In contrast to the accepted conventions of the horror film genre, Berman’s fictional film — which was shot on location at a Ra’anana school — is eerily silent and illuminated by a bright, sinister light. During one scene, one of the pupils locks the principal in her office and threatens her with a knife.

“On the day the movie was about to be screened for the first time, I heard about a real pupil who locked his principal in the school basement,” Berman said. “This is a film which is by extension about an entire culture falling apart. Yet after speaking to numerous teachers who told me about their real-life teaching experiences I felt like my film actually wasn’t shocking enough.”

Berman said his film was intended as a wake-up call to the education system.
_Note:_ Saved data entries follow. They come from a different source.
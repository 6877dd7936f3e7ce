// Laws of lists of triangles that fit a polygon, each as the contract of a call that does nothing when it runs.
ghost use Rattle.meshes.specs.Boundary.{BoundaryLaw, SidesCancelLaw};
ghost use Rattle.meshes.specs.Laws.{EarLaw, LeafOffWalkLaw, LeavesLaw, PieceSleeveLaw, SeparationLaw, SleeveLaw, TriangulationLaw};

/// The separation law: a point in a triangle of a walk and in a later one is on each side that the walk crosses between them.
pub fn separation()
    ensures { SeparationLaw }
{}

/// The sleeve law: along a walk over triangles, a point of the first sees a point of the last exactly if the segment between
/// them meets each side that the walk crosses.
pub fn sight_in_sleeve()
    ensures { SleeveLaw }
{}

/// The sleeve law for the triangles that fit a piece of a polygon.
pub fn sight_in_piece()
    ensures { PieceSleeveLaw }
{}

/// The law of leaves: two triangles or more that are a tree have two leaves.
pub fn leaves()
    ensures { LeavesLaw }
{}

/// Where some triangle is not on a walk, some leaf is not on it.
pub fn leaf_off_walk()
    ensures { LeafOffWalkLaw }
{}

/// The law of ears: a leaf is a triangle of two consecutive edges, and the triangles without it fit the piece without its tip.
pub fn ear()
    ensures { EarLaw }
{}

/// Each simple ring that runs counterclockwise has triangles that fit it, however many vertices it has.
pub fn triangulation()
    ensures { TriangulationLaw }
{}

/// Counterclockwise triangles on the vertices of a simple piece fit it where their sides cancel to its boundary.
pub fn boundary()
    ensures fits { BoundaryLaw }
    ensures cancel { SidesCancelLaw }
{}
“The system’s lack of determination endows kids and their parents with a tremendous amount of power,” he said. “Yet this is a very radical film which really leaves no place for hope. It talks about the need for such an extreme overhaul of the system that chances are will never take place.”
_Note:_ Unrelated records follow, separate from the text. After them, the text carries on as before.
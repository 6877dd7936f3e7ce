/// A side between two triangles of a walk, by its corners on the left and on the right of the way from one to the other.
#[derive(Clone, Copy)]
pub struct Diagonal {
    pub left: u32,
    pub right: u32,
}
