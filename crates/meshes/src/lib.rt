//! Triangles that fit a polygon, walks over them and sleeves, as plain data; and the laws of triangulations.
#![tactic(auto)]

mod diagonal;
mod laws;
mod tri;

pub use diagonal::Diagonal;
pub use laws::{
    boundary, ear, leaf_off_walk, leaves, separation, sight_in_piece, sight_in_sleeve,
    triangulation,
};
pub use tri::Tri;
While making “Even Kids Started Small” Berman also worked on a documentary about Israeli soldiers serving in the West Bank.

To some degree, he said, the school film is also about “a kind of occupation in which the occupiers wield violent force and treat an entire population in an irresponsible manner.”

In contrast to some viewers who laughed at certain absurd moments during the film, Berman said, none of the teachers he showed it to found it funny: “They were very frightened by it, especially those who have experienced a lot of violence from their students.”

Berman also said he believed it was important for the country’s education system to become aware of his film.

“I made it in order to give them the strength to take steps that must be taken to curb the violence, ” he said.

Naomi Pfefferman contributed to this article.